Examine the material below. Gather every line in which the string "unchanged" appears.

——————————

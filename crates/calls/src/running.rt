// Run: refusals 10 and 11, budgets, and what comes of a run.
use super::bench::{MEMORY, ends, executive, interrupted, scene, seen_first, told, unchanged};
use engine::{Refusal, State};
use processor::{RelativeAddress, Report};
use std::test::Fail;
use words::word_bits;

#[test]
fn a_held_worker_does_not_run(rt: HostRuntime) -> Result<(), Fail> {
    for budget in [0, 1, 10, 1_000_000] {
        let mut scene = scene(&rt)?;
        assert_eq!(rt; scene.run(6, budget), Err(Refusal::WorkerHeld), "{budget}");
        unchanged(&rt, scene)?;
    }
    Ok(())
}

// A worker that spends its budget stays ready and goes on where it was.
// With P = 2 it puts the A that it was answered with; past its program the word at 4 is no instruction.
#[test]
fn an_answered_worker_runs_on(rt: HostRuntime) -> Result<(), Fail> {
    let mut scene = scene(&rt)?;
    assert_eq!(rt; scene.run(1, 10), Ok(interrupted(4, executive(10))));
    assert_eq!(rt; scene.answer(1, 0o77, 2, 2), Ok(()));
    assert_eq!(rt; scene.tell(1), Ok(told(State::Ready, 0o77, 2, 2)));
    assert_eq!(rt; scene.run(1, 10), Ok(interrupted(2, executive(10))));
    assert_eq!(rt; scene.look(1, RelativeAddress(7)), Ok(word_bits(0o77)));
    assert_eq!(rt; scene.answer(1, 0, 2, 4), Ok(()));
    let illegal = Report::IllegalInstruction(RelativeAddress(4));
    assert_eq!(rt; scene.run(1, 10), Ok(interrupted(1, illegal)));
    let mut seen = seen_first();
    seen.told[1] = Ok(told(State::Held(illegal), 0, 2, 5));
    seen.words[7] = Ok(word_bits(0o77));
    let mut memory = MEMORY;
    memory[11] = 0o77;
    ends(&rt, scene, seen, &memory)
}

// P is not tried against the length before the fetch, and all of its 17 bits are told.
// The word at 1 has a spoiled upper half; loaded anew it is an executive return with address 3.
// Each program, how its run with budget 10 ends, and A and P after it.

——————————

SOLUTION TO THE EXERCISE:
use super::bench::{MEMORY, ends, executive, interrupted, scene, seen_first, told, unchanged};
        unchanged(&rt, scene)?;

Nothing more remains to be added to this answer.